**Goal of the exercise:** Filter these records by the string "transaction", copying each line that holds it.

**Supplied information:**
%%
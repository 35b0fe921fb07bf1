//! The commands of a workload.
ghost use Rattle.std.specs.Prelude.{◌≡◌, IfOk};

use cell_model::Row;
use std::alloc::{AllocError, Global};
use std::marker::Model;

/// A command of a session. Tables are counted from 0 as they are declared, blocks from 0 within
/// their table.
#[derive(Debug, Drop)]
pub enum Command {
    /// Opens a transaction. A checked one commits its writes only where nothing that it read was
    /// written since.
    Begin {
        checked: bool,
    },
    /// Asks for the row of a key.
    Get {
        table: u32,
        key: i64,
    },
    /// Asks for all rows of a table, in the order of their keys.
    Scan {
        table: u32,
    },
    /// Asks for the rows of a table whose keys lie between two, both counted, in the order of their
    /// keys.
    Range {
        table: u32,
        low: i64,
        high: i64,
    },
    /// Asks how many numbers of a column, counted from 0, lie between two, both counted, and for
    /// their sum.
    Total {
        table: u32,
        column: u32,
        low: Bound,
        high: Bound,
    },
    /// Adds a row whose key has none.
    Insert {
        table: u32,
        row: Row,
    },
    /// Changes the row of a key that has one.
    Update {
        table: u32,
        row: Row,
    },
    /// Removes the row of a key.
    Delete {
        table: u32,
        key: i64,
    },
    /// Ends the transaction, whose writes become visible to later ones.
    Commit,
    /// Ends the transaction and drops its writes.
    Abort,
    /// Counts a round in which blocks were not modified.
    Observe,
    /// Drops the versions that no snapshot needs.
    Prune,
    /// Moves rows of cold blocks into gaps.
    Compact {
        table: u32,
    },
    /// Closes a cold block for gathering.
    Seal {
        table: u32,
        block: u32,
    },
    /// Makes the Arrow image of a sealed block.
    Gather {
        table: u32,
        block: u32,
    },
    /// Writes the table as an Arrow stream.
    Export {
        table: u32,
    },
}

/// A bound of a total. It lies in a box, so that the other commands are no larger for it.
#[derive(Debug, Drop)]
pub struct Bound {
    number: Box<i128>,
}

impl Model for Bound {
    ghost use Rattle.std.specs.Prelude.{ℤ};
    ghost use Rattle.std.specs.Coded.{coded_ℤ};

    ghost Value = { ℤ };

    ghost coded = { coded_ℤ };

    ghost view = { λ bound. bound.number.value };
}

impl Bound {
    /// The bound of this number.
    pub fn new(alloc: Global, number: i128) -> Result<Bound, AllocError>
        ensures { IfOk result (λ bound. bound ≡ number) }
    {
        Ok(Bound {
            number: Box::new(alloc, number)?,
        })
    }

    /// The number.
    pub fn get(&self) -> i128
        ensures { result ≡ self.now }
    {
        *self.number
    }
}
%%
**Reply to the task:**
    /// Opens a transaction. A checked one commits its writes only where nothing that it read was
    /// Ends the transaction, whose writes become visible to later ones.
    /// Ends the transaction and drops its writes.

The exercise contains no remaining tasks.